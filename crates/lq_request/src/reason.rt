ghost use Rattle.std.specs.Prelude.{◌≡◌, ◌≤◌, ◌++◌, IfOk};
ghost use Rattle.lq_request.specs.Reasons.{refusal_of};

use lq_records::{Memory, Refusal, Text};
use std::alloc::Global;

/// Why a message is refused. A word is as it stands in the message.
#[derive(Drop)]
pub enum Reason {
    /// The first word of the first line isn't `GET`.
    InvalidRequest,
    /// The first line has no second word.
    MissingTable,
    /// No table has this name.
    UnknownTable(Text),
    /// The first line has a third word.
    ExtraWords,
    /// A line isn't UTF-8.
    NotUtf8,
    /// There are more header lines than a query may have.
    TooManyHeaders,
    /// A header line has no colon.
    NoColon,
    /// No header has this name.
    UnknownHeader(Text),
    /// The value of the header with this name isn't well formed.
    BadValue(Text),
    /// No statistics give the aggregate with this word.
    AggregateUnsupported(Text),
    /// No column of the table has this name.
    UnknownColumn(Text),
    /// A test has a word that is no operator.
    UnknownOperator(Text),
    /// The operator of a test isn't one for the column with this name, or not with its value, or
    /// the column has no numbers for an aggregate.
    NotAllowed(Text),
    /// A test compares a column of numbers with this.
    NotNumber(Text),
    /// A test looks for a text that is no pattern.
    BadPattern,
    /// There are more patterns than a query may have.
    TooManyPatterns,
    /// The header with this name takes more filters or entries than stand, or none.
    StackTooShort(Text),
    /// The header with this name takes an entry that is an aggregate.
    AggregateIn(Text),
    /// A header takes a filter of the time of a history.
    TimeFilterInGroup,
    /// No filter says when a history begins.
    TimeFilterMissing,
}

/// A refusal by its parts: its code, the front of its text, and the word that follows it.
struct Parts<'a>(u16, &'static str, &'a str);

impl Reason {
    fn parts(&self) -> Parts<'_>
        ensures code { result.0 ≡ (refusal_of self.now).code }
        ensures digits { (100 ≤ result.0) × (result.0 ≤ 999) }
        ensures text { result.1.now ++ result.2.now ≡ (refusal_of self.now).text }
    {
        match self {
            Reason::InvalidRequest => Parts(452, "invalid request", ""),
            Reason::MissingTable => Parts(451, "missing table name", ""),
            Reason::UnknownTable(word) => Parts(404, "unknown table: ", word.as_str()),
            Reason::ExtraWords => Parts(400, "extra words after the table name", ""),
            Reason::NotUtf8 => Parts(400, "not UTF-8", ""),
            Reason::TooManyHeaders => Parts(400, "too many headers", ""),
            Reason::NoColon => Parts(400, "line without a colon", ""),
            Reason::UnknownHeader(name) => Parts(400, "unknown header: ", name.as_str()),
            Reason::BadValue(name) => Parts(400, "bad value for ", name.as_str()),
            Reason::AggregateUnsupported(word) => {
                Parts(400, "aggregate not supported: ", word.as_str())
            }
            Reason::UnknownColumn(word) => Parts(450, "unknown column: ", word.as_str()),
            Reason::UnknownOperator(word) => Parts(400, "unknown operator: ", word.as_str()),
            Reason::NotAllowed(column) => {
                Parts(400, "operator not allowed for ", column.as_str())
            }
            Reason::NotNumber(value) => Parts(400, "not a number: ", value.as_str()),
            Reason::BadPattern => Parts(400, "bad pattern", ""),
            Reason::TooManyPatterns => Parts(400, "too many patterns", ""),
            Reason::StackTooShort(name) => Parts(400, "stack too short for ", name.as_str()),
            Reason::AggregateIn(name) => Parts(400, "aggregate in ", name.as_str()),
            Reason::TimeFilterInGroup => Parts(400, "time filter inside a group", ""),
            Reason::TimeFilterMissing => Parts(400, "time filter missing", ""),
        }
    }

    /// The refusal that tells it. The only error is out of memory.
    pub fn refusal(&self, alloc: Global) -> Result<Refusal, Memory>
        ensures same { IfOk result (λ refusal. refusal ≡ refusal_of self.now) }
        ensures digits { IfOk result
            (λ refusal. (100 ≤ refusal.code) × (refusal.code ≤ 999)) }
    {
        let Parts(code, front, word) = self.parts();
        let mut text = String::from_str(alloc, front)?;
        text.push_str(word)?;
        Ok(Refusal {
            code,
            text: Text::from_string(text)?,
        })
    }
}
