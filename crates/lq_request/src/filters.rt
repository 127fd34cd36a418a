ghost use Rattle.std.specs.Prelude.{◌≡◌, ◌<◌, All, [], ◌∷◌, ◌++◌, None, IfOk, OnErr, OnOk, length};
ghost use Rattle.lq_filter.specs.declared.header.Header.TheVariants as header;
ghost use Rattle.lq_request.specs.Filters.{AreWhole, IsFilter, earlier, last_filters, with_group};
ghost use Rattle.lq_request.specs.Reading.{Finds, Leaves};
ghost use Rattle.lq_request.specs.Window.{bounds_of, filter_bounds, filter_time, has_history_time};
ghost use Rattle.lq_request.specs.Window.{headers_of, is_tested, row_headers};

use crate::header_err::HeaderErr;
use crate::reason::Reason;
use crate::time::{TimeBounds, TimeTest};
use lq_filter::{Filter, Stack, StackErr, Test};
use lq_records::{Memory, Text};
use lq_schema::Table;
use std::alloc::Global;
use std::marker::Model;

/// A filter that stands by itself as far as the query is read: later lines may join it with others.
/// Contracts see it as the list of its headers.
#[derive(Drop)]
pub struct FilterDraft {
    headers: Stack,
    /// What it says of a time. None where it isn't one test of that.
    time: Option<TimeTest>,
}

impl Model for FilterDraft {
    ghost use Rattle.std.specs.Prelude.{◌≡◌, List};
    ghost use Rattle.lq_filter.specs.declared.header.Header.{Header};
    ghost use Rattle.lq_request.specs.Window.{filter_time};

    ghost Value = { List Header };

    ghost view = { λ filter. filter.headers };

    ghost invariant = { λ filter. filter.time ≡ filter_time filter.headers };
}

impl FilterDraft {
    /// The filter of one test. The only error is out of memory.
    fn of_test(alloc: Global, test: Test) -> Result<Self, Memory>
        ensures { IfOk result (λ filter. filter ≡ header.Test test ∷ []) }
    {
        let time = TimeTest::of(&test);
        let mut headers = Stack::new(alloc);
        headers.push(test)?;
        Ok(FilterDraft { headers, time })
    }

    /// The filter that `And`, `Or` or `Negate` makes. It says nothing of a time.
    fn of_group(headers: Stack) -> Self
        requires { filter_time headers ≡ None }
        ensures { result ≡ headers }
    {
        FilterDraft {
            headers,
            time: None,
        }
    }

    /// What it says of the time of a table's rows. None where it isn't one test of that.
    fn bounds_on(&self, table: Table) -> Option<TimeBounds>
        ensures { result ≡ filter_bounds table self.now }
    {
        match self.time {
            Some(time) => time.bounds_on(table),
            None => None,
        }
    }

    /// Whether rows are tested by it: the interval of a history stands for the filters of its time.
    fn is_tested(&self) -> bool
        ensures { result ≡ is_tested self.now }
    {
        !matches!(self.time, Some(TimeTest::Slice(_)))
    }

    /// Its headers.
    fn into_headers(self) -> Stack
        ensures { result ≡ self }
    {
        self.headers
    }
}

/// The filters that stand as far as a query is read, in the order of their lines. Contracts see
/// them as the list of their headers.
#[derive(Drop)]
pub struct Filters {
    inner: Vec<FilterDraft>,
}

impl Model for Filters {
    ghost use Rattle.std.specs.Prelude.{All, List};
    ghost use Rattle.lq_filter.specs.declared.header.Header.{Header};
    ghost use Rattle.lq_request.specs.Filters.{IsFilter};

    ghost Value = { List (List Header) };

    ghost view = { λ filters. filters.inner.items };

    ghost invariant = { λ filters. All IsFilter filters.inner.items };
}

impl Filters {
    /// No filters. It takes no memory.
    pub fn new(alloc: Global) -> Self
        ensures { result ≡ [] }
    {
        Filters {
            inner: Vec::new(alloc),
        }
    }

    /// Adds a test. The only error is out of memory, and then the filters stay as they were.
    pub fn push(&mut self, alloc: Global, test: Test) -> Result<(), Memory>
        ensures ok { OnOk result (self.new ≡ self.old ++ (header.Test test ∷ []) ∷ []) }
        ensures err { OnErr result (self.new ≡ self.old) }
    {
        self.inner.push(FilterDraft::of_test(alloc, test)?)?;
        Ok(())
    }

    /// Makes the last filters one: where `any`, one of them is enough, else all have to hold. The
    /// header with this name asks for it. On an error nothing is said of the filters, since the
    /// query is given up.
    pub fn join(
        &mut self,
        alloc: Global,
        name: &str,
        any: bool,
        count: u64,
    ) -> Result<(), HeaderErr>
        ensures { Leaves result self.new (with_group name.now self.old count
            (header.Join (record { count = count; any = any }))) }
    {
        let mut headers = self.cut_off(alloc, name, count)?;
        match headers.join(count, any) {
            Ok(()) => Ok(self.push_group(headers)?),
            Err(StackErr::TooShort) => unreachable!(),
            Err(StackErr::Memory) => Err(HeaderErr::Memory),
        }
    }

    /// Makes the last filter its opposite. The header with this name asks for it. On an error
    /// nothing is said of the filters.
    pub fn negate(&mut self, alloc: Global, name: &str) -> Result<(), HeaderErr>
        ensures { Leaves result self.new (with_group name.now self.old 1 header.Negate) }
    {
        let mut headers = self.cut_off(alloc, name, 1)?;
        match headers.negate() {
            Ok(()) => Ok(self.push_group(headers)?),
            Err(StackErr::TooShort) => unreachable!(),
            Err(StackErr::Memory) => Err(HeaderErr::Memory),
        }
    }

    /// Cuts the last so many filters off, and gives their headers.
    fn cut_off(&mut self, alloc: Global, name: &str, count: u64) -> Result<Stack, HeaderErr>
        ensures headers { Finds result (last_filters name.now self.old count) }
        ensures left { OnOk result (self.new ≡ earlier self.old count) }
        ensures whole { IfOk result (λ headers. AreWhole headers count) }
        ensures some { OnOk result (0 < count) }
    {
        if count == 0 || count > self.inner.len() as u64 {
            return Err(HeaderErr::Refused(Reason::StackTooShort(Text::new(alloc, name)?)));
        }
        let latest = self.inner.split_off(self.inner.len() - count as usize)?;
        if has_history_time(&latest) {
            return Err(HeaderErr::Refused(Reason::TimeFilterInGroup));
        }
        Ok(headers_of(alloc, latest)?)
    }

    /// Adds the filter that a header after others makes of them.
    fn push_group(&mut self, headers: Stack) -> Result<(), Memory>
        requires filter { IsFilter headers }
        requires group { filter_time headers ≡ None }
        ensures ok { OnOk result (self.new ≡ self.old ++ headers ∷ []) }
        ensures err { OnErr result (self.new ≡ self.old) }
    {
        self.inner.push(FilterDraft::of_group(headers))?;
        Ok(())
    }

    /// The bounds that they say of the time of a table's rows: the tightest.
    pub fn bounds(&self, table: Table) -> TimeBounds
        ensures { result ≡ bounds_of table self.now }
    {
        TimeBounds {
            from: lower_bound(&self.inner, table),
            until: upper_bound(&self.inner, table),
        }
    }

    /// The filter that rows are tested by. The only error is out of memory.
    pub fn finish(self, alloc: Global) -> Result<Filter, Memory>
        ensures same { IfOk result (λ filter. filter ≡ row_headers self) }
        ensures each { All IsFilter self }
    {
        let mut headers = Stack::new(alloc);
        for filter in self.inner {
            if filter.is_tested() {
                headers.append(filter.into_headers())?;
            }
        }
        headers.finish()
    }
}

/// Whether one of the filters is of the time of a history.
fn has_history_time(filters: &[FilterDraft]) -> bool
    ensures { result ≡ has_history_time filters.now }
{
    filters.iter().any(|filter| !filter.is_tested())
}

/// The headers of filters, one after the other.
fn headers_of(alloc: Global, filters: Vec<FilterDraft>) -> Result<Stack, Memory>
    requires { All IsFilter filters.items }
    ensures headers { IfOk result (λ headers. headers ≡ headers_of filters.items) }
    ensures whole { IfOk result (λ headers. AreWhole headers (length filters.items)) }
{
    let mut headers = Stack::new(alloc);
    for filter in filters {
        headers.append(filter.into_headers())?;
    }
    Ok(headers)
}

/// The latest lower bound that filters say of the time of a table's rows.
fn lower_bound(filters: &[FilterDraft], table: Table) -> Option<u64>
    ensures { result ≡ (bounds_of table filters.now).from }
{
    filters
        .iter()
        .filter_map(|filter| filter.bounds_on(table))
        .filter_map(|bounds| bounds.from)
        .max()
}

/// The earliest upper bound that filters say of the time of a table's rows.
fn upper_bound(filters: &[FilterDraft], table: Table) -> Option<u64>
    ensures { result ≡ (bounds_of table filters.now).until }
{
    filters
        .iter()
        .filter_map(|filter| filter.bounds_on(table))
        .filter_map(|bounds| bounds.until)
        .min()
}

______________________________

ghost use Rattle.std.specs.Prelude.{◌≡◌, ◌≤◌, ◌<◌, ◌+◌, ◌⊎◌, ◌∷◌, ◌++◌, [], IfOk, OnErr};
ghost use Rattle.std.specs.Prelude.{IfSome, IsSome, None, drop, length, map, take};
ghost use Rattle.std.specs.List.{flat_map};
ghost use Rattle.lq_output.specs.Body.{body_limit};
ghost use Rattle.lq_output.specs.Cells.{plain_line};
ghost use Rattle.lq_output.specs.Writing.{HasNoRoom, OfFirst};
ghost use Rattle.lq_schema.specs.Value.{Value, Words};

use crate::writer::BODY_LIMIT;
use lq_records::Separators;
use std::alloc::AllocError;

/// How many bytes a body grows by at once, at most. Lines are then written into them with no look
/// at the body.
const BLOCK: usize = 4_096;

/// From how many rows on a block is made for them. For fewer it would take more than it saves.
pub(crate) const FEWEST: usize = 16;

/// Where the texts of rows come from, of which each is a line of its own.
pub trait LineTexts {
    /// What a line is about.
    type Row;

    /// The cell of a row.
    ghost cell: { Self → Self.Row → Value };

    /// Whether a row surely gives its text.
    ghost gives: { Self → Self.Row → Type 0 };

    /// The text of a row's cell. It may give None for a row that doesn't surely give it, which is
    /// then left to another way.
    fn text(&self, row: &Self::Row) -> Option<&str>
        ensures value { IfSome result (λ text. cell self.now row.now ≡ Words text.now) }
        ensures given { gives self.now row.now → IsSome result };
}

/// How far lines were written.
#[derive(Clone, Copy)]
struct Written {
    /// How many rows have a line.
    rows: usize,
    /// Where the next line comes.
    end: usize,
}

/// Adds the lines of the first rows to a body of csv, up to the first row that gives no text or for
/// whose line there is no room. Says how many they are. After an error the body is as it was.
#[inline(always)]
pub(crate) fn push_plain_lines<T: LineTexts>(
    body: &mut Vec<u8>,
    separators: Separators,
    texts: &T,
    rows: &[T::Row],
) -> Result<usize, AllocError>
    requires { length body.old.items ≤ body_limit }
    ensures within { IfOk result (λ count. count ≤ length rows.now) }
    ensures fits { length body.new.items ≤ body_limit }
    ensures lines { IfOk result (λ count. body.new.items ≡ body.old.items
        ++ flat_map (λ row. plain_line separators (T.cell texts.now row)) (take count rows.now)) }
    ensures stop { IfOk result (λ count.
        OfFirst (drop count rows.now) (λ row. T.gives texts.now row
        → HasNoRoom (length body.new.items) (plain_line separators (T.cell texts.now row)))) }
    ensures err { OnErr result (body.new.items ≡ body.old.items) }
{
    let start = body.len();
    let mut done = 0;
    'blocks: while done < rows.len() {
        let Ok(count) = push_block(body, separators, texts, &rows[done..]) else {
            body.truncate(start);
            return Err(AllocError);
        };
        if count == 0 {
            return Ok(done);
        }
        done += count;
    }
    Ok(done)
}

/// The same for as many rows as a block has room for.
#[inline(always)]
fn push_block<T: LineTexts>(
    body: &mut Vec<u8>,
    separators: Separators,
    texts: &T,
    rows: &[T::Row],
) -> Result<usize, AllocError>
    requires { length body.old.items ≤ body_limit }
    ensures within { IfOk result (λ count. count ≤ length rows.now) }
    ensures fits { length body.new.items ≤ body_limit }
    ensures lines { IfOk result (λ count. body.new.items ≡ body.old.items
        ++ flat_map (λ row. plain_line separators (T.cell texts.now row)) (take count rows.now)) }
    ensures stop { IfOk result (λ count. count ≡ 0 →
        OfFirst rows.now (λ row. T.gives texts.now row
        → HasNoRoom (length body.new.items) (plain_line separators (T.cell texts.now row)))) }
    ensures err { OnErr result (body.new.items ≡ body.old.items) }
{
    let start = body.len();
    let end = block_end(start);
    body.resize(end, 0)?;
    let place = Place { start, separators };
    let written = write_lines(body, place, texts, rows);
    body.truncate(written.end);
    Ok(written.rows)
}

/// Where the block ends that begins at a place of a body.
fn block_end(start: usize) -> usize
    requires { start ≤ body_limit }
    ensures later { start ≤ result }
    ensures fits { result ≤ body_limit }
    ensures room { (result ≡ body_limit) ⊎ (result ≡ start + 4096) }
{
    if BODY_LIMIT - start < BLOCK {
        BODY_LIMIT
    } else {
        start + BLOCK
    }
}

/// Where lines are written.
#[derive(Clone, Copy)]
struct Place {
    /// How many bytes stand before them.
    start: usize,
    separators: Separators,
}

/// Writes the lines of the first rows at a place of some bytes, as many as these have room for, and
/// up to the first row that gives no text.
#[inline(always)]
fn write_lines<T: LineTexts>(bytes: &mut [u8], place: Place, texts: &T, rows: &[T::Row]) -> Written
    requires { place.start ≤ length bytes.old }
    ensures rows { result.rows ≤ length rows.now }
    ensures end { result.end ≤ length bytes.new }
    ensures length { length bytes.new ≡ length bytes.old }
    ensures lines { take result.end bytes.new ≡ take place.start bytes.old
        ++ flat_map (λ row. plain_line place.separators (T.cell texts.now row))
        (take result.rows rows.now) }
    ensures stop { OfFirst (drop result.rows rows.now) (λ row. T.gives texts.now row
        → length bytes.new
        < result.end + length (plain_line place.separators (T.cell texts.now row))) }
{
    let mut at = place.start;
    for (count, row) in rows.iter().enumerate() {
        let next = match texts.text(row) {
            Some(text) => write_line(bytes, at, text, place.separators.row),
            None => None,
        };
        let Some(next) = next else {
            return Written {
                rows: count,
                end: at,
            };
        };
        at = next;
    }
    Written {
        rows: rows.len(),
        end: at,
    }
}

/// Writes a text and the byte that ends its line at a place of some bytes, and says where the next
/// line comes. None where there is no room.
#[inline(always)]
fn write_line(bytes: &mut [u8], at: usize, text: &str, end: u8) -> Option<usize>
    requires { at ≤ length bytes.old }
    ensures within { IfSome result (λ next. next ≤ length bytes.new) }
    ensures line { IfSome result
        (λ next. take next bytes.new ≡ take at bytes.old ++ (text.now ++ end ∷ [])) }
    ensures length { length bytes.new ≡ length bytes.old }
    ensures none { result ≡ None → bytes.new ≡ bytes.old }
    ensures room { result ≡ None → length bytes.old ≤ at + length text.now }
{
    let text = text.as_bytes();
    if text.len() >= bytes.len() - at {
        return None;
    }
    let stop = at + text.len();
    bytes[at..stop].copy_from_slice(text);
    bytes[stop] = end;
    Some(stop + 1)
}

______________________________

§ **YOUR INSTRUCTIONS**
Check each line of the data above for the word "OfFirst" and copy the ones where it is found.

§ **YOUR RESPONSE**
ghost use Rattle.lq_output.specs.Writing.{HasNoRoom, OfFirst};
        OfFirst (drop count rows.now) (λ row. T.gives texts.now row
        OfFirst rows.now (λ row. T.gives texts.now row
    ensures stop { OfFirst (drop result.rows rows.now) (λ row. T.gives texts.now row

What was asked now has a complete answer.